It was about the middle of the afternoon, and intensely warm and breathless. The headlands and coves were blurred by a purple heat haze. The long sweep of the sandshore was so glaringly brilliant that the pained eye sought relief among the rough rocks, where shadows were cast by the big red sandstone boulders. The little cluster of fishing houses nearby were bleached to a silvery grey by long exposure to wind and rain. Far off were several "Yankee" fishing schooners, their sails dimly visible against the white horizon.

Two boats were hauled upon the "skids" that ran from the rocks out into the water. A couple of dories floated below them. Now and then a white gull, flashing silver where its plumage caught the sun, soared landward.

A young man was standing by the skids, watching the fishing boats through a spyglass. He was tall, with a straight, muscular figure clad in a rough fishing suit. His face was deeply browned by the gulf breezes and was attractive rather than handsome, while his eyes, as blue and clear as the gulf waters, were peculiarly honest and frank.

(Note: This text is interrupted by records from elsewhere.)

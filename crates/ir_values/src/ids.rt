//! The numbers of constants, functions, locals and blocks.
ghost use Rattle.std.proofs.Common.{rules};
ghost use Rattle.ir_values.specs.Equal.{equal_decides};

use crate::data::{Copies, Exact};
use crate::memory::Memory;
use std::alloc::Global;

/// A constant of a module, by its number in text order from 0.
#[derive(Clone, Copy, Debug, PartialEq, Eq, PartialOrd, Ord, Hash)]
pub struct GlobalId(pub u32);

/// A function of a module, by its number in text order from 0.
#[derive(Clone, Copy, Debug, PartialEq, Eq, PartialOrd, Ord, Hash)]
pub struct FuncId(pub u32);

/// A local name of a function, by its number from 0: parameters first, then results in text order.
#[derive(Clone, Copy, Debug, PartialEq, Eq, PartialOrd, Ord, Hash)]
pub struct LocalId(pub u64);

/// A basic block of a function, by its number in text order from 0.
#[derive(Clone, Copy, Debug, PartialEq, Eq, PartialOrd, Ord, Hash)]
pub struct BlockId(pub u32);

impl Copies for GlobalId {
    fn copy(&self, _alloc: Global) -> Result<GlobalId, Memory> {
        Ok(*self)
    }
}

impl Exact for GlobalId {
    ghost exact = { Prim.search (rules, equal_decides) };
}

impl Copies for FuncId {
    fn copy(&self, _alloc: Global) -> Result<FuncId, Memory> {
        Ok(*self)
    }
}

impl Exact for FuncId {
    ghost exact = { Prim.search (rules, equal_decides) };
}

impl Copies for LocalId {
    fn copy(&self, _alloc: Global) -> Result<LocalId, Memory> {
        Ok(*self)
    }
}

impl Exact for LocalId {
    ghost exact = { Prim.search (rules, equal_decides) };
}

impl Copies for BlockId {
    fn copy(&self, _alloc: Global) -> Result<BlockId, Memory> {
        Ok(*self)
    }
}

impl Exact for BlockId {
    ghost exact = { Prim.search (rules, equal_decides) };
}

Two wiry, dark-faced French-Canadian boys were perched on one of the boats, watching the fishing fleet with lazy interest in their inky-black eyes, and wondering if the "Yanks" had seined many mackerel that day.

Presently three people came down the steep path from the fish-houses. One of them, a girl, ran lightly forward and touched Benjamin Selby's arm. He lowered his glass with a start and looked around. A flash of undisguised delight transfigured his face.

"Why, Mary Stella! I didn't expect you'd be down this hot day. You haven't been much at the shore lately," he added reproachfully.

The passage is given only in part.